My second surgery was booked for February 2023, but the surgeon had concerns about the rash I had. I could not risk more delays, so I went to see a dermatologist privately. My surgeon was happy my skin had cleared up enough for her to operate.  Surgery went ahead and the outcome was better than we expected.

I had full debulking, bowel resection, appendix and much more so 5/6 major surgeries in one go. The end result was 100% tumour free, no residual disease.

I could finally get off the cancer rollercoaster that I had been on and although it had been unimaginably difficult, the result made it all worthwhile.

"Looking back, I wish I had trusted my own judgement more”

I wish I had listened to the little voice in my head that was telling me that this was more than just menopause.

If you feel something is wrong then be insistent, ask for tests, ask for a second opinion if you have to, do whatever it takes to get things investigated.

If you are going online to search for symptoms and other information, make sure it is a reputable website like the NHS or Macmillan where you know you will find accurate information.

“Ovarian cancer is a silent killer and there is little awareness about symptoms.”

Since my diagnosis, I have been vocal on raising awareness to ensure women and in particular people of colour have access to relevant information.

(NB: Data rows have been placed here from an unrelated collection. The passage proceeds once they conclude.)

#[cycle(values)]
fn primary<'t, 's, S>(
    alloc: Global,
    at: Cursor<'t, 's>,
    depth: u32,
    inside: &S,
) -> Result<(Primary, Cursor<'t, 's>), Fault<'t, 's>>
where
    S: for<'a, 'b> Fn(Global, Cursor<'a, 'b>, u32) -> StmtsRead<'a, 'b>,
    requires reads { ReadsStmts (S.IsAlwaysCallable inside.now) (S.post inside.now) }
    ensures read { MatchResult result
        (λ t. Reads (spell_primary (view_primary t.0)) (number_primary t.0)
        (λ o. primary_part ∷ o) depth depth (position_of at.entry) (position_of t.1))
        (λ e. Fails e (λ o. primary_part ∷ o) depth (position_of at.entry)) }
{
    match at.primary_form()? {
        PrimaryForm::Number => number(at),
        PrimaryForm::Literal => literal(at),
        PrimaryForm::Desig => {
            let (desig, at) = desig(alloc, at, depth, inside)?;
            named(alloc, desig, at, depth, inside)
        }
        PrimaryForm::Paren => paren(alloc, at, depth, inside),
        PrimaryForm::Known => known(alloc, at, depth, inside),
        PrimaryForm::Ord => ord(alloc, at, depth, inside),
        PrimaryForm::Chr => chr(alloc, at, depth, inside),
    }
}

/// The primary whose designator has been read.
#[cycle(values)]
fn named<'t, 's, S>(
    alloc: Global,
    desig: Desig,
    at: Cursor<'t, 's>,
    depth: u32,
    inside: &S,
) -> Result<(Primary, Cursor<'t, 's>), Fault<'t, 's>>
where
    S: for<'a, 'b> Fn(Global, Cursor<'a, 'b>, u32) -> StmtsRead<'a, 'b>,
    requires reads { ReadsStmts (S.IsAlwaysCallable inside.now) (S.post inside.now) }
    ensures read { MatchResult result
        (λ t. Extends (spell_desig (view_desig desig)) (number_desig desig) (λ o. args_part ∷ o)
        (spell_primary (view_primary t.0)) (number_primary t.0) depth (position_of at.entry)
        (position_of t.1))
        (λ e. Fails e (λ o. args_part ∷ o) depth (position_of at.entry)) }
{
    let args = args(alloc, at, depth, inside);
    named_of(desig, numbered(args))
}

fn paren<'t, 's, S>(
    alloc: Global,
    at: Cursor<'t, 's>,
    depth: u32,
    inside: &S,
) -> Result<(Primary, Cursor<'t, 's>), Fault<'t, 's>>
where
    S: for<'a, 'b> Fn(Global, Cursor<'a, 'b>, u32) -> StmtsRead<'a, 'b>,
    requires reads { ReadsStmts (S.IsAlwaysCallable inside.now) (S.post inside.now) }
    ensures read { MatchResult result (λ t. Reads (spell_primary (view_primary t.0))
        (number_primary t.0) paren_parts depth depth (position_of at.entry) (position_of t.1))
        (λ e. Fails e paren_parts depth (position_of at.entry)) }
{
    let (at, inner) = at.open(Kind::OpenParen, depth)?;
    let body = boxed(alloc, inside(alloc, at, inner));
    paren_of(numbered(followed_by(body, Kind::CloseParen)))
}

Treatment was relentless and the failed surgery and chemo brought up so much emotionally that I accessed Macmillan counselling via Bupa, and it was a life saver in a time that was very challenging for me. 

It gave me a safe space to share my thoughts and process what I was going through without being judged. 

Treatment has changed my life drastically although I have recovered from most things I am still having to live with peripheral neuropathy in my hands and feet.

"Cancer has given me a new value and appreciation for life."

A south Asian lady with brown hair with a sign supporting people with cancer .

I am putting my life changes to good use by raising awareness on ovarian cancer and trying to shatter taboos around cancer and in particular gynaecological cancers. 

I want to normalise the conversation within the South Asian community around gynaecological health and cancers.  I am sharing my story as I want to increase the visibility of South Asian faces and voices.  Through treatment I saw no one like me, in the literature I saw no one like me, so I questioned is this for me? 

I want to be that advocate and I want to make change happen. Visibility is so important; I did not see enough of it.   

I have met so many women who due to cultural taboos and a patriarchal society, feel they do not have a voice - I would like to be a voice for them.